— А ты ничего не замечаешь?
Не двигаться в пустошах, без ветра в лицо, значит вкусить все прелести нахождения под палящим солнцем. С каждой секундой становилось всё жарче и жарче. Не удивительно, что общие вопросы Хол вызвали раздражение.
— Как ловко ты свалил ответственность за своё раздражение на меня.
— Говори прямо, пожалуйся, — вздохнул я, чувствуя, как напряглась челюсть. — Про гордыню я уже понял. Ты это хочешь обсудить? Да, я затупил с Икаром. Что ещё здесь разбирать?
— Желания, Эрик. Расскажи мне, как они у тебя проявляются и как ты теряешь себя.
Этот вопрос поставил в ступор. Я другого ожидал. Что опять вылезла гордыня. Но желания?
В голове словно что-то щёлкнуло. Но не сразу. Сначала я ощутил ещё большее раздражение. Но умом понял, что раздражаться — не правильно. Если воспринимать Хол, как препятствие, то да, агрессия в её сторону закономерна. Но с каких пор Хол стала препятствием?
Эта мысль неприятно поразила. В том смысле, что я и правда воспринимал её, как проблему, досадную помеху, которая постоянно читает нравоучения.
Успехи настолько вскружили мне голову?
— Настолько и даже хуже. — заметила она.
Где-то здесь щелчок и произошёл. Если что-то отрицаешь и упорно не замечаешь, то тот вопрос, который задала субличность, это как уткнуться мордой в проблему. Если бы она спросила, есть ли у меня проблемы с желаниями — я уверенно сказал бы, что нет. Какие проблемы? Всё же хорошо. Уровень злобы стабильно низкий, я больше не делаю ничего плохо. Но от её формулировки мозг стал думать иначе.
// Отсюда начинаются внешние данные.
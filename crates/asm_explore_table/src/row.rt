//! The lines of a row.
ghost use Rattle.std.specs.Prelude.{◌≡◌, ◌<◌, ◌++◌, All, map, option_map, IfOk, IfSome, OnOk};
ghost use Rattle.asm_state.specs.Signature.{count_of, state_of};
ghost use Rattle.asm_state.specs.code.Contents.{IsStateOf};
ghost use Rattle.asm_syntax.specs.code.Views.{spec_of};
ghost use Rattle.asm_check.specs.Shapes.{shape_of};
ghost use Rattle.asm_explore_texts.specs.Comments.{comment, comments, lines_of};
ghost use Rattle.asm_explore_table.specs.Lines.{blanks, placed};
ghost use Rattle.asm_explore_table.specs.Tables.{begun as line_begun, cell as cell_text, first_row, further_lines, lines_with, numbered, row_lines, shown_value, with_cells, with_chosen, with_row};
ghost use Rattle.asm_explore_table.specs.code.StepsMade.{IsWithin, row_said};

use crate::block::{Block, Column};
use crate::cells::{push_cell, push_shown};
use crate::chosen_lines::chosen_lines;
use crate::line::{align, place, push_blanks};
use crate::step_row::StepRow;
use asm_check::Checked;
use asm_explore_texts::comment::add_comment;
use asm_state::state::State;
use std::alloc::{AllocError, Global};

/// Where rows are written: a block of columns, behind step numbers of this width.
#[derive(Clone, Copy)]
pub(crate) struct Frame<'b> {
    pub(crate) checked: &'b Checked,
    pub(crate) width: usize,
    pub(crate) block: &'b Block,
}

/// Adds the values of the columns in a state.
fn add_first_cells(
    alloc: Global,
    line: &mut Vec<u8>,
    checked: &Checked,
    columns: &[Column],
    state: &State,
) -> Result<(), AllocError>
    requires within { All (λ c. c.location < count_of (shape_of (spec_of checked.now.spec))) columns.now }
    requires state { IsStateOf (shape_of (spec_of checked.now.spec)) state.now }
    ensures { let s = spec_of checked.now.spec in
        OnOk result (line.new.items ≡ with_cells (λ n. shown_value s (state_of (shape_of s) state.now (numbered s n))) line.old.items columns.now) }
{
    let mut cell = Vec::new(alloc);
    for k in 0..columns.len() {
        cell.clear();
        push_shown(&mut cell, checked, state.content(columns[k].location))?;
        place(line, columns[k].start, cell.as_slice())?;
    }
    Ok(())
}

/// Adds the cells of the columns after a step.
fn add_cells(
    alloc: Global,
    line: &mut Vec<u8>,
    checked: &Checked,
    columns: &[Column],
    before: &State,
    after: &State,
) -> Result<(), AllocError>
    requires within { All (λ c. c.location < count_of (shape_of (spec_of checked.now.spec))) columns.now }
    requires before { IsStateOf (shape_of (spec_of checked.now.spec)) before.now }
    requires after { IsStateOf (shape_of (spec_of checked.now.spec)) after.now }
    ensures { let s = spec_of checked.now.spec in
        OnOk result (line.new.items ≡ with_cells (cell_text s (state_of (shape_of s) before.now) (state_of (shape_of s) after.now)) line.old.items columns.now) }
{
    let mut cell = Vec::new(alloc);
    for k in 0..columns.len() {
        cell.clear();
        push_cell(&mut cell, checked, before, after, columns[k].location)?;
        place(line, columns[k].start, cell.as_slice())?;
    }
    Ok(())
}

/// Adds a text where the column of what is chosen begins, if the block has it.
fn add_chosen(line: &mut Vec<u8>, block: &Block, text: &[u8]) -> Result<(), AllocError>
    ensures { OnOk result (line.new.items ≡ with_chosen block.now.chosen line.old.items text.now) }
{
    match block.chosen {
        Some(start) => place(line, start, text),
        None => Ok(()),
    }
}

/// A line with the number of a step, and with a line of what is chosen in it.
fn begun(alloc: Global, frame: Frame<'_>, number: u64, chosen: &[u8]) -> Result<Vec<u8>, AllocError>
    ensures { IfOk result (λ line. line.items ≡ line_begun (spec_of frame.entry.checked.now.spec) frame.entry.width frame.entry.block.now number chosen.now) }
{
    let mut line = Vec::new(alloc);
    let digits = format!(in alloc; "{number}")?;
    align(&mut line, frame.width, digits.as_bytes())?;
    add_chosen(&mut line, frame.block, chosen)?;
    Ok(line)
}

/// Adds the row of the first state.
pub(crate) fn add_first_row(
    alloc: Global,
    out: &mut Vec<u8>,
    frame: Frame<'_>,
    state: &State,
) -> Result<(), AllocError>
    requires within { IsWithin (count_of (shape_of (spec_of frame.checked.now.spec))) frame.block.now }
    requires state { IsStateOf (shape_of (spec_of frame.checked.now.spec)) state.now }
    ensures { let s = spec_of frame.entry.checked.now.spec in
        OnOk result (out.new.items ≡ out.old.items ++ comment (first_row s frame.entry.width frame.entry.block.now (state_of (shape_of s) state.now))) }
{
    let mut line = begun(alloc, frame, 0, b"")?;
    let columns = frame.block.columns.as_slice();
    add_first_cells(alloc, &mut line, frame.checked, columns, state)?;
    add_comment(out, line.as_slice())
}

/// A further line of what is chosen in a step, which begins here.
fn further(alloc: Global, width: usize, start: usize, text: &[u8]) -> Result<Vec<u8>, AllocError>
    ensures { IfOk result (λ line. line.items ≡ placed (blanks width) start text.now) }
{
    let mut line = Vec::new(alloc);
    push_blanks(&mut line, width)?;
    place(&mut line, start, text)?;
    Ok(line)
}

/// Adds the further lines of what is chosen in a step, which begin here.
fn add_further_at(
    alloc: Global,
    out: &mut Vec<u8>,
    width: usize,
    start: usize,
    lines: &[Vec<u8>],
) -> Result<(), AllocError>
    ensures { OnOk result (out.new.items ≡ out.old.items ++ comments (map (λ text. placed (blanks width) start text) (lines_of lines.now))) }
{
    for k in 0..lines.len() {
        let line = further(alloc, width, start, lines[k].as_slice())?;
        add_comment(out, line.as_slice())?;
    }
    Ok(())
}

/// Adds the further lines of what is chosen in a step, if the block has that.
fn add_further(
    alloc: Global,
    out: &mut Vec<u8>,
    frame: Frame<'_>,
    lines: &[Vec<u8>],
) -> Result<(), AllocError>
    ensures { let s = spec_of frame.entry.checked.now.spec in
        OnOk result (out.new.items ≡ out.old.items ++ comments (further_lines s frame.entry.width frame.entry.block.now frame.entry.block.now.chosen (lines_of lines.now))) }
{
    match frame.block.chosen {
        Some(start) => add_further_at(alloc, out, frame.width, start, lines),
        None => Ok(()),
    }
}

/// Adds the cells of a step, unless the run ends in it.
fn add_step_cells(
    alloc: Global,
    line: &mut Vec<u8>,
    frame: Frame<'_>,
    before: &State,
    after: &Option<State>,
) -> Result<(), AllocError>
    requires within { IsWithin (count_of (shape_of (spec_of frame.checked.now.spec))) frame.block.now }
    requires before { IsStateOf (shape_of (spec_of frame.checked.now.spec)) before.now }
    requires after { IfSome after.now (IsStateOf (shape_of (spec_of frame.checked.now.spec))) }
    ensures { let s = spec_of frame.entry.checked.now.spec in let shape = shape_of s in
        OnOk result (line.new.items ≡ with_row s frame.entry.width frame.entry.block.now line.old.items (state_of shape before.now) (option_map (state_of shape) after.now)) }
{
    match after {
        Some(after) => {
            let columns = frame.block.columns.as_slice();
            add_cells(alloc, line, frame.checked, columns, before, after)
        }
        None => Ok(()),
    }
}

/// Adds the row of a step of which this is chosen, in lines.
fn add_row_with(
    alloc: Global,
    out: &mut Vec<u8>,
    frame: Frame<'_>,
    number: u64,
    lines: &[Vec<u8>],
    before: &State,
    after: &Option<State>,
) -> Result<(), AllocError>
    requires within { IsWithin (count_of (shape_of (spec_of frame.checked.now.spec))) frame.block.now }
    requires before { IsStateOf (shape_of (spec_of frame.checked.now.spec)) before.now }
    requires after { IfSome after.now (IsStateOf (shape_of (spec_of frame.checked.now.spec))) }
    ensures { let s = spec_of frame.entry.checked.now.spec in let shape = shape_of s in
        OnOk result (out.new.items ≡ out.old.items ++ comments (lines_with s frame.entry.width frame.entry.block.now number (lines_of lines.now) (state_of shape before.now) (option_map (state_of shape) after.now))) }
{
    match lines {
        [] => {
            let mut line = begun(alloc, frame, number, b"")?;
            add_step_cells(alloc, &mut line, frame, before, after)?;
            add_comment(out, line.as_slice())
        }
        [first, more @ ..] => {
            let mut line = begun(alloc, frame, number, first.as_slice())?;
            add_step_cells(alloc, &mut line, frame, before, after)?;
            add_comment(out, line.as_slice())?;
            add_further(alloc, out, frame, more)
        }
    }
}

/// Adds the row of a step: what is chosen in it, and its cells if the run goes on.
pub(crate) fn add_row(
    alloc: Global,
    out: &mut Vec<u8>,
    frame: Frame<'_>,
    number: u64,
    before: &State,
    row: &StepRow,
) -> Result<(), AllocError>
    requires within { IsWithin (count_of (shape_of (spec_of frame.checked.now.spec))) frame.block.now }
    requires before { IsStateOf (shape_of (spec_of frame.checked.now.spec)) before.now }
    requires after { IfSome row.now.next (IsStateOf (shape_of (spec_of frame.checked.now.spec))) }
    ensures { let s = spec_of frame.entry.checked.now.spec in
        OnOk result (out.new.items ≡ out.old.items ++ comments (row_lines s frame.entry.width frame.entry.block.now number (row_said (shape_of s) before.now row.now))) }
{
    let lines = chosen_lines(alloc, frame.checked, row.asked.as_slice())?;
    add_row_with(
        alloc,
        out,
        frame,
        number,
        lines.as_slice(),
        before,
        &row.next,
    )
}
— Хол, я правильно понимаю, что ты хочешь сказать: меня проблемы с желаниями?
— Ты и сам это понял. Но не смог уловить, в чем именно проблема.
— И в чем?
— Я не буду за тебя думать, иначе никакого эффекта от внутренней работы не будет.
— Дашь подсказку?
— Почему ты помог Икару?
— Потому что это правильно?
Хол ничего не сказала, а значит я ошибся с ответом.
— Ты как будто на школьном уроке у нелюбимого учителя. Не знаешь предмет и пытаешься угадать, вместо того, чтобы реально думать.